┌─ Exercise material

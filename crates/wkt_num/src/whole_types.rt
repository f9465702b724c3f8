//! The whole number types.
ghost use Rattle.std.proofs.Common.{lit≤};
ghost use Rattle.wkt_num.specs.Whole.{signed_form, unsigned_form};
ghost use Rattle.wkt_num.specs.WholeLaws.{signed_laws, signed_same, unsigned_laws, unsigned_same};

use crate::whole::Whole;

impl Whole for i8 {
    const DIGITS: usize = 2;

    ghost DIGITS = { 2 };

    ghost form = { signed_form 7 };

    ghost form_holds = { signed_laws 7 2 (lit≤ tt) (lit≤ tt) (lit≤ tt) };

    ghost same = { signed_same };

    #[tactic(auto, using(crate::proofs::ReadNumbers::parse_read_signed))]
    fn parse(text: &str) -> Option<i8> {
        text.parse::<i8>().ok()
    }

    #[inline(always)]
    fn of_digits(negative: bool, digits: u64) -> Option<i8> {
        let number = digits as i8;
        Some(if negative { -number } else { number })
    }

    #[inline(always)]
    fn parts(&self) -> (bool, u128) {
        (*self < 0, u128::from(self.unsigned_abs()))
    }
}

impl Whole for i16 {
    const DIGITS: usize = 4;

    ghost DIGITS = { 4 };

    ghost form = { signed_form 15 };

    ghost form_holds = { signed_laws 15 4 (lit≤ tt) (lit≤ tt) (lit≤ tt) };

    ghost same = { signed_same };

    #[tactic(auto, using(crate::proofs::ReadNumbers::parse_read_signed))]
    fn parse(text: &str) -> Option<i16> {
        text.parse::<i16>().ok()
    }

    #[inline(always)]
    fn of_digits(negative: bool, digits: u64) -> Option<i16> {
        let number = digits as i16;
        Some(if negative { -number } else { number })
    }

    #[inline(always)]
    fn parts(&self) -> (bool, u128) {
        (*self < 0, u128::from(self.unsigned_abs()))
    }
}

impl Whole for i32 {
    const DIGITS: usize = 9;

    ghost DIGITS = { 9 };

    ghost form = { signed_form 31 };

    ghost form_holds = { signed_laws 31 9 (lit≤ tt) (lit≤ tt) (lit≤ tt) };

    ghost same = { signed_same };

    #[tactic(auto, using(crate::proofs::ReadNumbers::parse_read_signed))]
    fn parse(text: &str) -> Option<i32> {
        text.parse::<i32>().ok()
    }

    #[inline(always)]
    fn of_digits(negative: bool, digits: u64) -> Option<i32> {
        let number = digits as i32;
        Some(if negative { -number } else { number })
    }

    #[inline(always)]
    fn parts(&self) -> (bool, u128) {
        (*self < 0, u128::from(self.unsigned_abs()))
    }
}

impl Whole for i64 {
    const DIGITS: usize = 18;

    ghost DIGITS = { 18 };

    ghost form = { signed_form 63 };

    ghost form_holds = { signed_laws 63 18 (lit≤ tt) (lit≤ tt) (lit≤ tt) };

    ghost same = { signed_same };

    #[tactic(auto, using(crate::proofs::ReadNumbers::parse_read_signed))]
    fn parse(text: &str) -> Option<i64> {
        text.parse::<i64>().ok()
    }

    #[inline(always)]
    fn of_digits(negative: bool, digits: u64) -> Option<i64> {
        let number = digits as i64;
        Some(if negative { -number } else { number })
    }

    #[inline(always)]
    fn parts(&self) -> (bool, u128) {
        (*self < 0, u128::from(self.unsigned_abs()))
    }
}

impl Whole for i128 {
    const DIGITS: usize = 38;

    ghost DIGITS = { 38 };

    ghost form = { signed_form 127 };

    ghost form_holds = { signed_laws 127 38 (lit≤ tt) (lit≤ tt) (lit≤ tt) };

    ghost same = { signed_same };

    #[tactic(auto, using(crate::proofs::ReadNumbers::parse_read_signed))]
    fn parse(text: &str) -> Option<i128> {
        text.parse::<i128>().ok()
    }

    #[inline(always)]
    fn of_digits(negative: bool, digits: u64) -> Option<i128> {
        let number = digits as i128;
        Some(if negative { -number } else { number })
    }

    #[inline(always)]
    fn parts(&self) -> (bool, u128) {
        (*self < 0, self.unsigned_abs())
    }
}

impl Whole for u8 {
    const DIGITS: usize = 2;

    ghost DIGITS = { 2 };

    ghost form = { unsigned_form 8 };

    ghost form_holds = { unsigned_laws 8 2 (lit≤ tt) (lit≤ tt) (lit≤ tt) };

    ghost same = { unsigned_same };

    #[tactic(auto, using(crate::proofs::ReadNumbers::parse_read_unsigned))]
    fn parse(text: &str) -> Option<u8> {
        text.parse::<u8>().ok()
    }

    #[inline(always)]
    fn of_digits(negative: bool, digits: u64) -> Option<u8> {
        if negative { None } else { Some(digits as u8) }
    }

    #[inline(always)]
    fn parts(&self) -> (bool, u128) {
        (false, u128::from(*self))
    }
}

impl Whole for u16 {
    const DIGITS: usize = 4;

    ghost DIGITS = { 4 };

    ghost form = { unsigned_form 16 };

    ghost form_holds = { unsigned_laws 16 4 (lit≤ tt) (lit≤ tt) (lit≤ tt) };

    ghost same = { unsigned_same };

    #[tactic(auto, using(crate::proofs::ReadNumbers::parse_read_unsigned))]
    fn parse(text: &str) -> Option<u16> {
        text.parse::<u16>().ok()
    }

    #[inline(always)]
    fn of_digits(negative: bool, digits: u64) -> Option<u16> {
        if negative { None } else { Some(digits as u16) }
    }

    #[inline(always)]
    fn parts(&self) -> (bool, u128) {
        (false, u128::from(*self))
    }
}

impl Whole for u32 {
    const DIGITS: usize = 9;

    ghost DIGITS = { 9 };

    ghost form = { unsigned_form 32 };

    ghost form_holds = { unsigned_laws 32 9 (lit≤ tt) (lit≤ tt) (lit≤ tt) };

    ghost same = { unsigned_same };

    #[tactic(auto, using(crate::proofs::ReadNumbers::parse_read_unsigned))]
    fn parse(text: &str) -> Option<u32> {
        text.parse::<u32>().ok()
    }

    #[inline(always)]
    fn of_digits(negative: bool, digits: u64) -> Option<u32> {
        if negative { None } else { Some(digits as u32) }
    }

    #[inline(always)]
    fn parts(&self) -> (bool, u128) {
        (false, u128::from(*self))
    }
}

impl Whole for u64 {
    const DIGITS: usize = 19;

    ghost DIGITS = { 19 };

    ghost form = { unsigned_form 64 };

    ghost form_holds = { unsigned_laws 64 19 (lit≤ tt) (lit≤ tt) (lit≤ tt) };

    ghost same = { unsigned_same };

    #[tactic(auto, using(crate::proofs::ReadNumbers::parse_read_unsigned))]
    fn parse(text: &str) -> Option<u64> {
        text.parse::<u64>().ok()
    }

    #[inline(always)]
    fn of_digits(negative: bool, digits: u64) -> Option<u64> {
        if negative { None } else { Some(digits) }
    }

    #[inline(always)]
    fn parts(&self) -> (bool, u128) {
        (false, u128::from(*self))
    }
}

impl Whole for u128 {
    const DIGITS: usize = 38;

    ghost DIGITS = { 38 };

    ghost form = { unsigned_form 128 };

    ghost form_holds = { unsigned_laws 128 38 (lit≤ tt) (lit≤ tt) (lit≤ tt) };

    ghost same = { unsigned_same };

    #[tactic(auto, using(crate::proofs::ReadNumbers::parse_read_unsigned))]
    fn parse(text: &str) -> Option<u128> {
        text.parse::<u128>().ok()
    }

    #[inline(always)]
    fn of_digits(negative: bool, digits: u64) -> Option<u128> {
        if negative { None } else { Some(digits as u128) }
    }

    #[inline(always)]
    fn parts(&self) -> (bool, u128) {
        (false, *self)
    }
}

└─

| What to produce |
All the entries must be retyped exactly.

| Task answer |
filename crates/wkt_num/src/whole_types.rt
repository f9465702b724c3f8
//! The whole number types.
ghost use Rattle.std.proofs.Common.{lit≤};
ghost use Rattle.wkt_num.specs.Whole.{signed_form, unsigned_form};
ghost use Rattle.wkt_num.specs.WholeLaws.{signed_laws, signed_same, unsigned_laws, unsigned_same};

use crate::whole::Whole;

impl Whole for i8 {
    const DIGITS: usize = 2;

    ghost DIGITS = { 2 };

    ghost form = { signed_form 7 };

    ghost form_holds = { signed_laws 7 2 (lit≤ tt) (lit≤ tt) (lit≤ tt) };

    ghost same = { signed_same };

    #[tactic(auto, using(crate::proofs::ReadNumbers::parse_read_signed))]
    fn parse(text: &str) -> Option<i8> {
        text.parse::<i8>().ok()
    }

    #[inline(always)]
    fn of_digits(negative: bool, digits: u64) -> Option<i8> {
        let number = digits as i8;
        Some(if negative { -number } else { number })
    }

    #[inline(always)]
    fn parts(&self) -> (bool, u128) {
        (*self < 0, u128::from(self.unsigned_abs()))
    }
}

impl Whole for i16 {
    const DIGITS: usize = 4;

    ghost DIGITS = { 4 };

    ghost form = { signed_form 15 };

    ghost form_holds = { signed_laws 15 4 (lit≤ tt) (lit≤ tt) (lit≤ tt) };

    ghost same = { signed_same };

    #[tactic(auto, using(crate::proofs::ReadNumbers::parse_read_signed))]
    fn parse(text: &str) -> Option<i16> {
        text.parse::<i16>().ok()
    }

    #[inline(always)]
    fn of_digits(negative: bool, digits: u64) -> Option<i16> {
        let number = digits as i16;
        Some(if negative { -number } else { number })
    }

    #[inline(always)]
    fn parts(&self) -> (bool, u128) {
        (*self < 0, u128::from(self.unsigned_abs()))
    }
}

impl Whole for i32 {
    const DIGITS: usize = 9;

    ghost DIGITS = { 9 };

    ghost form = { signed_form 31 };

    ghost form_holds = { signed_laws 31 9 (lit≤ tt) (lit≤ tt) (lit≤ tt) };

    ghost same = { signed_same };

    #[tactic(auto, using(crate::proofs::ReadNumbers::parse_read_signed))]
    fn parse(text: &str) -> Option<i32> {
        text.parse::<i32>().ok()
    }

    #[inline(always)]
    fn of_digits(negative: bool, digits: u64) -> Option<i32> {
        let number = digits as i32;
        Some(if negative { -number } else { number })
    }

    #[inline(always)]
    fn parts(&self) -> (bool, u128) {
        (*self < 0, u128::from(self.unsigned_abs()))
    }
}

impl Whole for i64 {
    const DIGITS: usize = 18;

    ghost DIGITS = { 18 };

    ghost form = { signed_form 63 };

    ghost form_holds = { signed_laws 63 18 (lit≤ tt) (lit≤ tt) (lit≤ tt) };

    ghost same = { signed_same };

    #[tactic(auto, using(crate::proofs::ReadNumbers::parse_read_signed))]
    fn parse(text: &str) -> Option<i64> {
        text.parse::<i64>().ok()
    }

    #[inline(always)]
    fn of_digits(negative: bool, digits: u64) -> Option<i64> {
        let number = digits as i64;
        Some(if negative { -number } else { number })
    }

    #[inline(always)]
    fn parts(&self) -> (bool, u128) {
        (*self < 0, u128::from(self.unsigned_abs()))
    }
}

impl Whole for i128 {
    const DIGITS: usize = 38;

    ghost DIGITS = { 38 };

    ghost form = { signed_form 127 };

    ghost form_holds = { signed_laws 127 38 (lit≤ tt) (lit≤ tt) (lit≤ tt) };

    ghost same = { signed_same };

    #[tactic(auto, using(crate::proofs::ReadNumbers::parse_read_signed))]
    fn parse(text: &str) -> Option<i128> {
        text.parse::<i128>().ok()
    }

    #[inline(always)]
    fn of_digits(negative: bool, digits: u64) -> Option<i128> {
        let number = digits as i128;
        Some(if negative { -number } else { number })
    }

    #[inline(always)]
    fn parts(&self) -> (bool, u128) {
        (*self < 0, self.unsigned_abs())
    }
}

impl Whole for u8 {
    const DIGITS: usize = 2;

    ghost DIGITS = { 2 };

    ghost form = { unsigned_form 8 };

    ghost form_holds = { unsigned_laws 8 2 (lit≤ tt) (lit≤ tt) (lit≤ tt) };

    ghost same = { unsigned_same };

    #[tactic(auto, using(crate::proofs::ReadNumbers::parse_read_unsigned))]
    fn parse(text: &str) -> Option<u8> {
        text.parse::<u8>().ok()
    }

    #[inline(always)]
    fn of_digits(negative: bool, digits: u64) -> Option<u8> {
        if negative { None } else { Some(digits as u8) }
    }

    #[inline(always)]
    fn parts(&self) -> (bool, u128) {
        (false, u128::from(*self))
    }
}

impl Whole for u16 {
    const DIGITS: usize = 4;

    ghost DIGITS = { 4 };

    ghost form = { unsigned_form 16 };

    ghost form_holds = { unsigned_laws 16 4 (lit≤ tt) (lit≤ tt) (lit≤ tt) };

    ghost same = { unsigned_same };

    #[tactic(auto, using(crate::proofs::ReadNumbers::parse_read_unsigned))]
    fn parse(text: &str) -> Option<u16> {
        text.parse::<u16>().ok()
    }

    #[inline(always)]
    fn of_digits(negative: bool, digits: u64) -> Option<u16> {
        if negative { None } else { Some(digits as u16) }
    }

    #[inline(always)]
    fn parts(&self) -> (bool, u128) {
        (false, u128::from(*self))
    }
}

impl Whole for u32 {
    const DIGITS: usize = 9;

    ghost DIGITS = { 9 };

    ghost form = { unsigned_form 32 };

    ghost form_holds = { unsigned_laws 32 9 (lit≤ tt) (lit≤ tt) (lit≤ tt) };

    ghost same = { unsigned_same };

    #[tactic(auto, using(crate::proofs::ReadNumbers::parse_read_unsigned))]
    fn parse(text: &str) -> Option<u32> {
        text.parse::<u32>().ok()
    }

    #[inline(always)]
    fn of_digits(negative: bool, digits: u64) -> Option<u32> {
        if negative { None } else { Some(digits as u32) }
    }

    #[inline(always)]
    fn parts(&self) -> (bool, u128) {
        (false, u128::from(*self))
    }
}

impl Whole for u64 {
    const DIGITS: usize = 19;

    ghost DIGITS = { 19 };

    ghost form = { unsigned_form 64 };

    ghost form_holds = { unsigned_laws 64 19 (lit≤ tt) (lit≤ tt) (lit≤ tt) };

    ghost same = { unsigned_same };

    #[tactic(auto, using(crate::proofs::ReadNumbers::parse_read_unsigned))]
    fn parse(text: &str) -> Option<u64> {
        text.parse::<u64>().ok()
    }

    #[inline(always)]
    fn of_digits(negative: bool, digits: u64) -> Option<u64> {
        if negative { None } else { Some(digits) }
    }

    #[inline(always)]
    fn parts(&self) -> (bool, u128) {
        (false, u128::from(*self))
    }
}

impl Whole for u128 {
    const DIGITS: usize = 38;

    ghost DIGITS = { 38 };

    ghost form = { unsigned_form 128 };

    ghost form_holds = { unsigned_laws 128 38 (lit≤ tt) (lit≤ tt) (lit≤ tt) };

    ghost same = { unsigned_same };

    #[tactic(auto, using(crate::proofs::ReadNumbers::parse_read_unsigned))]
    fn parse(text: &str) -> Option<u128> {
        text.parse::<u128>().ok()
    }

    #[inline(always)]
    fn of_digits(negative: bool, digits: u64) -> Option<u128> {
        if negative { None } else { Some(digits as u128) }
    }

    #[inline(always)]
    fn parts(&self) -> (bool, u128) {
        (false, *self)
    }
}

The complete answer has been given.